In questo quadro si colloca l’iniziativa di Comunione e Liberazione che, giustamente, fa appello anche alla responsabilità e all’iniziativa dei singoli e dei gruppi che vivono e operano nei diversi territori. Tutti dovrebbero ricordare lo storico intervento di Roosvelt quando, rivolgendosi ai cittadini americani, fece appello a ciascuno di essi per realizzare una grande mobilitazione contro gli effetti della crisi economica degli anni Trenta, incitando ogni cittadino ad assumersi la responsabilità personale dell’impegno per un nuovo sviluppo economico.

Personalmente ritengo infatti che non può esserci alcun vero effetto positivo dell’intervento politico-statale, anche a livello di una possibile Banca Mondiale che regola e controlla i flussi finanziari, se contestualmente non c’è una ripresa della speranza e della fiducia dei cittadini nelle loro relazioni reciproche e nel rapporto con le istituzioni democratiche.
L’intervento politico deve cioè camminare di pari passo con un’estensione senza precedenti della partecipazione democratica affinché tutti i gruppi sociali e  tutte le persone si sentano coinvolti in un’impresa comune.

Sono portato quindi a leggere insieme le proposte che vengono dal Vaticano sul riassetto della finanza globale e l’appello promosso da Comunione e Liberazione perché, anziché fuggire dalla realtà della crisi, ciascuno di noi si faccia carico di intervenire attivamente nei processi in atto attraverso inedite forme di solidarietà.


COMMENTI
27/10/2011 - com'è vero ! 2 (Diego Perna)
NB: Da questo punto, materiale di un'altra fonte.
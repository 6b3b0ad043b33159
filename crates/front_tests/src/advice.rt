//! What is said on standard error, case by case.

use front_door::{
    Advice, FenAdvice, LineAdvice, MoveAdvice, Status, TextAdvice, WordAdvice, advise, run,
};
use retro_ports::{MemSink, MemSource};
use std::alloc::{AllocError, Global};

/// Words that call no command, what is said of them, and how the command that is meant is called.
const WORDS: [(&[&str], WordAdvice, &str); 46] = [
    (&[], WordAdvice::Usage, ""),
    (&["help"], WordAdvice::Usage, ""),
    (&["-h"], WordAdvice::Usage, ""),
    (&["--help", "check"], WordAdvice::StandsAlone, ""),
    (
        &["check", "mate.cert"],
        WordAdvice::FileAsWord,
        "check < CERTIFICATE",
    ),
    (
        &["report", "examples/diagrams.fen"],
        WordAdvice::FileAsWord,
        "report [DEPTH NODES] < FEN",
    ),
    (
        &["verdict", "2", "1000", "8/8/8/8/8/8/8/8 w - -"],
        WordAdvice::PositionAsWord,
        "verdict DEPTH NODES < FEN",
    ),
    (
        &["report", "4k3/8/8/8/8/8/8/4K3", "w", "-", "-"],
        WordAdvice::PositionAsWord,
        "report [DEPTH NODES] < FEN",
    ),
    (
        &["settle", "4k3/8/8/8/8/8/8/4K3 w - -"],
        WordAdvice::ClaimAsWord,
        "settle [DEPTH NODES] < CLAIM-AND-FEN",
    ),
    (
        &["settle", "claim", "lost", "K"],
        WordAdvice::ClaimAsWord,
        "settle [DEPTH NODES] < CLAIM-AND-FEN",
    ),
    (
        &["check", "4k3/8/8/8/8/8/8/4K3 w - -"],
        WordAdvice::ComesByInput,
        "check < CERTIFICATE",
    ),
    (
        &["sample", "1.", "1"],
        WordAdvice::Count,
        "sample START GAMES PLIES",
    ),
    (
        &["8/8/8/8/8/8/8/8", "w", "-", "-"],
        WordAdvice::CommandFirst,
        "",
    ),
    (&["claim illegal"], WordAdvice::CommandFirst, ""),
    (&["loyd.claim"], WordAdvice::CommandFirst, ""),
    (
        &["sovle", "1", "100"],
        WordAdvice::NearestCommand,
        "solve DEPTH NODES < CLAIM-AND-FEN",
    ),
    (
        &["Solve", "1", "100"],
        WordAdvice::NearestCommand,
        "solve DEPTH NODES < CLAIM-AND-FEN",
    ),
    (&["chek"], WordAdvice::NearestCommand, "check < CERTIFICATE"),
    (&["lenght"], WordAdvice::NearestCommand, "length < FEN"),
    (&["explian"], WordAdvice::NearestCommand, "explain < PROOF"),
    (&["mate"], WordAdvice::NoCommand, ""),
    (&["xyz"], WordAdvice::NoCommand, ""),
    (&[""], WordAdvice::NoCommand, ""),
    (
        &["a-word-that-is-longer-than-any-name"],
        WordAdvice::NoCommand,
        "",
    ),
    (
        &["solve"],
        WordAdvice::NoNumbers,
        "solve DEPTH NODES < CLAIM-AND-FEN",
    ),
    (
        &["solve", "1"],
        WordAdvice::NoNodes,
        "solve DEPTH NODES < CLAIM-AND-FEN",
    ),
    (
        &["report", "8"],
        WordAdvice::BothNumbers,
        "report [DEPTH NODES] < FEN",
    ),
    (
        &["report", "deep"],
        WordAdvice::Count,
        "report [DEPTH NODES] < FEN",
    ),
    (
        &["solve", "1", "100", "1"],
        WordAdvice::Count,
        "solve DEPTH NODES < CLAIM-AND-FEN",
    ),
    (
        &["check", "check"],
        WordAdvice::Count,
        "check < CERTIFICATE",
    ),
    (
        &["sample", "1", "1"],
        WordAdvice::Count,
        "sample START GAMES PLIES",
    ),
    (
        &["solve", "65", "100"],
        WordAdvice::Depth,
        "solve DEPTH NODES < CLAIM-AND-FEN",
    ),
    (
        &["solve", "-1", "100"],
        WordAdvice::Depth,
        "solve DEPTH NODES < CLAIM-AND-FEN",
    ),
    (
        &["solve", "+1", "100"],
        WordAdvice::Depth,
        "solve DEPTH NODES < CLAIM-AND-FEN",
    ),
    (
        &["solve", "01", "100"],
        WordAdvice::Depth,
        "solve DEPTH NODES < CLAIM-AND-FEN",
    ),
    (
        &["solve", "", "100"],
        WordAdvice::Depth,
        "solve DEPTH NODES < CLAIM-AND-FEN",
    ),
    (
        &["verdict", "two", "100"],
        WordAdvice::Depth,
        "verdict DEPTH NODES < FEN",
    ),
    (
        &["solve", "1", "0"],
        WordAdvice::Nodes,
        "solve DEPTH NODES < CLAIM-AND-FEN",
    ),
    (
        &["solve", "64", "500001"],
        WordAdvice::Nodes,
        "solve DEPTH NODES < CLAIM-AND-FEN",
    ),
    (
        &["solve", "0", "0"],
        WordAdvice::Nodes,
        "solve DEPTH NODES < CLAIM-AND-FEN",
    ),
    (
        &["tree", "1", "500001"],
        WordAdvice::Nodes,
        "tree DEPTH NODES < FEN",
    ),
    (
        &["dossier", "1", "1e3"],
        WordAdvice::Nodes,
        "dossier DEPTH NODES < CLAIM-AND-FEN",
    ),
    (
        &["settle", "1", "99999999999999999999"],
        WordAdvice::Nodes,
        "settle [DEPTH NODES] < CLAIM-AND-FEN",
    ),
    (
        &["sample", "18446744073709551616", "1", "1"],
        WordAdvice::Start,
        "sample START GAMES PLIES",
    ),
    (
        &["sample", "0", "1001", "1"],
        WordAdvice::Games,
        "sample START GAMES PLIES",
    ),
    (
        &["sample", "0", "1", "201"],
        WordAdvice::Plies,
        "sample START GAMES PLIES",
    ),
];
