//! Tests. Another program computed the expected digests, entries and outputs.

mod answers;
mod clerk;
mod directory;
mod refused;
mod runs;
mod shared;
mod texts;
mod tool;
mod watching;
mod work;
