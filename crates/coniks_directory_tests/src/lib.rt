//! Tests of `coniks_threads`, `coniks_directory` and `coniks_tool` through their public calls, in a separate crate so that
//! each library is proved once. They test what no contract says.
#![tactic(auto)]

#[cfg(test)]
mod tests;
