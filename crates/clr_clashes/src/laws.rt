//! The laws of clashes, each proved by a function that does nothing.

ghost use Rattle.clr_clashes.specs.Laws.{ClashesDecideSubsets, ListedClashesDecideSubsets, PartsBreakListedNeeds};

/// Where no cell is changed by two members, each touched need of some of the members is covered, in the scene of these alone,
/// exactly where they hold none of the smallest clashes of all members. The smallest clashes tell of each subset whether it is
/// covered.
pub fn clashes_decide_subsets()
    ensures { ClashesDecideSubsets }
{}

/// Where no cell is changed by two members, a list of the smallest clashes tells of each subset of the members whether it is
/// covered: exactly where it holds none of the list.
pub fn listed_clashes_decide_subsets()
    ensures { ListedClashesDecideSubsets }
{}

/// Where no cell is changed by two members, the broken needs of all members tell which need some of them break first, and which of
/// them break it: the first that is listed of which they hold all members that break it.
pub fn parts_break_listed_needs()
    ensures { PartsBreakListedNeeds }
{}
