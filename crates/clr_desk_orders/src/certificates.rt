//! Certificates of members in the order of their names.
ghost use Rattle.std.specs.Prelude.{◌≡◌, ◌∷◌, map, IfOk};
ghost use Rattle.clr_merge_sets.specs.MergeSetNames.{merge_set};
ghost use Rattle.clr_office_texts.specs.Drafts.{opened_in};
ghost use Rattle.clr_desk_orders.specs.PlanPrints.{plan_print};
ghost use Rattle.clr_desk_orders.specs.PlansInOrder.{IsCertificateInOrderPrint, IsPlanInOrderPrint, IsPlannedInOrder};
ghost use Rattle.clr_desk_prints.specs.NameHints.{IsHinted};
ghost use Rattle.clr_desk_prints.specs.Printing.{IsMadePrintout, IsPrintoutIn, printed};

use crate::plan_prints::plan_print;
use clr_desk_prints::{Print, RunFault, Words, answer_over_members};
use clr_engine::Office;
use clr_ordered_plans::plan_in_order;
use clr_plan::Plan;
use std::alloc::{AllocError, Global};

/// Returns the plan of members in the order of their names, with what it promises.
pub(crate) fn planned_in_order(alloc: Global, office: &Office, root: &str, members: &[&str]) -> Plan
    ensures { IsPlannedInOrder office.now (merge_set root.now (map (λ name. name.now) members.now)) result }
{
    plan_in_order(alloc, office, root, members)
}

/// Returns the certificate of members in the order of their names, or as notes why there is none.
pub(crate) fn print_in_order(
    alloc: Global,
    office: &Office,
    root: &str,
    members: &[&str],
) -> Result<Print, AllocError>
    ensures { IfOk result (λ p. IsPlanInOrderPrint office.now (merge_set root.now (map (λ name. name.now) members.now)) (printed p)) }
{
    let plan = planned_in_order(alloc, office, root, members);
    plan_print(alloc, office, root, members, &plan)
}

/// Returns the certificate of members in the order of their names over the office of a text, or as notes the lines of the plan that says why there is none,
/// which count as a refusal; and behind the notes hints at names that no workspace has. Without names the members are all children of the root in order of
/// creation. If a rule doesn't hold, the line that says so is the only note, and there is no text. Fails with `BadOffice` if the text is no office, and with
/// `OutOfMemory` for want of memory, which may come in place of any other answer.
pub fn answer_certificate_in_order(
    alloc: Global,
    office: &[u8],
    root: &str,
    names: &[Words],
) -> Result<Print, RunFault>
    ensures { IsMadePrintout (IsPrintoutIn (IsHinted (IsCertificateInOrderPrint root.now names.now) (root.now ∷ names.now)) (opened_in office.now)) result }
{
    answer_over_members(alloc, office, root, names, |office, members| {
        print_in_order(alloc, office, root, members)
    })
}
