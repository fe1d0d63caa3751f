//! What cuts are made for.

/// What a cut is made for.
#[derive(Clone, Copy, Debug, PartialEq, Eq)]
pub enum Aim {
    /// For plans and checks of its members: the cut has all in its reach.
    Plans,
    /// For groups of its members too: the cut has all rows that are tied to a member besides.
    Groups,
}
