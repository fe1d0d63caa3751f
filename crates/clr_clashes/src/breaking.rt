//! The touched needs of a scene that nothing covers, each with the members that break it.

ghost use Rattle.std.specs.Prelude.{map, IfOk, OnOk};
ghost use Rattle.clr_needs.specs.Needs.{IsPossibleNeed};
ghost use Rattle.clr_foot.specs.Scenes.{IsReady, model_of, setting_of};
ghost use Rattle.clr_clashes.specs.BrokenNeeds.{AddsBrokenNeed, AreBrokenNeeds};
ghost use Rattle.clr_clashes.specs.ListedClashes.{listed_clash_of};

use crate::listing::Clash;
use clr_finders::RowFinder;
use clr_foot::Scene;
use clr_needs::Need;
use clr_rows::RowView;
use std::alloc::{AllocError, Global};

/// Adds a possible need with the members that break it, where no witnesses are picked for it.
fn add_if_broken<V: RowView, F: RowFinder>(
    scene: &Scene<'_, V, F>,
    need: &Need,
    list: &mut Vec<Clash>,
) -> Result<(), AllocError>
    requires ready { IsReady F.settled (model_of V.content scene.now) }
    requires possible { IsPossibleNeed (setting_of (model_of V.content scene.now)) need.now }
    ensures { OnOk result (AddsBrokenNeed (setting_of (model_of V.content scene.now)) need.now
        (map listed_clash_of list.old.items) (map listed_clash_of list.new.items)) }
{
    match scene.pick(need)? {
        Some(_) => Ok(()),
        None => {
            let members = scene.blockers(need)?;
            list.push(Clash {
                members,
                need: *need,
            })?;
            Ok(())
        }
    }
}

/// Returns all touched needs of a scene without witnesses, ascending, each with the members that break it, by position.
pub fn broken_needs<V: RowView, F: RowFinder>(
    alloc: Global,
    scene: &Scene<'_, V, F>,
) -> Result<Vec<Clash>, AllocError>
    requires ready { IsReady F.settled (model_of V.content scene.now) }
    ensures { IfOk result (λ list. AreBrokenNeeds (setting_of (model_of V.content scene.now)) (map listed_clash_of list.items)) }
{
    let needs = scene.touched_needs()?;
    let mut list = Vec::new(alloc);
    for need in &needs {
        add_if_broken(scene, need, &mut list)?;
    }
    Ok(list)
}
Volevo correggere: Che lo leggano anche quelli lontani dalla Chiesa, che non è detto non lo condividano, anzi.

 
27/10/2011 - com'è vero! (Diego Perna)

.....come scrive Milton Freedman, le merci si scambiano senza che gli uomini debbano parlare e parlarsi, può introdurre una controtendenza rispetto all’attuale pretesa delle classi dominanti di trasformare tutti gli esseri umani in valori monetari proponendo così un’assurda società regolata unicamente dal criterio contabile dei costi e benefici...... Non sono soltanto d'accordo con Barcellona, di più, perchè è proprio così , si vuole fare fuori l'uomo, che vive dell'aria che respira di ciò che mangia, ma sopratutto di rapporto con gli altri. Il lavoro è il terreno della scambio tra le persone, cioè della costruzione del mondo attraverso i rapporti. Tutto questo il potere lo odia, e vuole distruggerlo. Io spero che quanto Lei ha scritto lo leggano i politici che ci governano, almeno quelli che sono o sembrerebbero vicini alla Chiesa. E' tempo di cambiare, crisi sfida per un cambiamento e occasione da non perdere, ci son voluti due anni per capirlo, ma come si dice , meglio tardi che mai. Speriamo bene, nel senso che la speranza ci guidi prossimamente, e cambi la testa a me, a noi e a chi ha molto più potere di noi.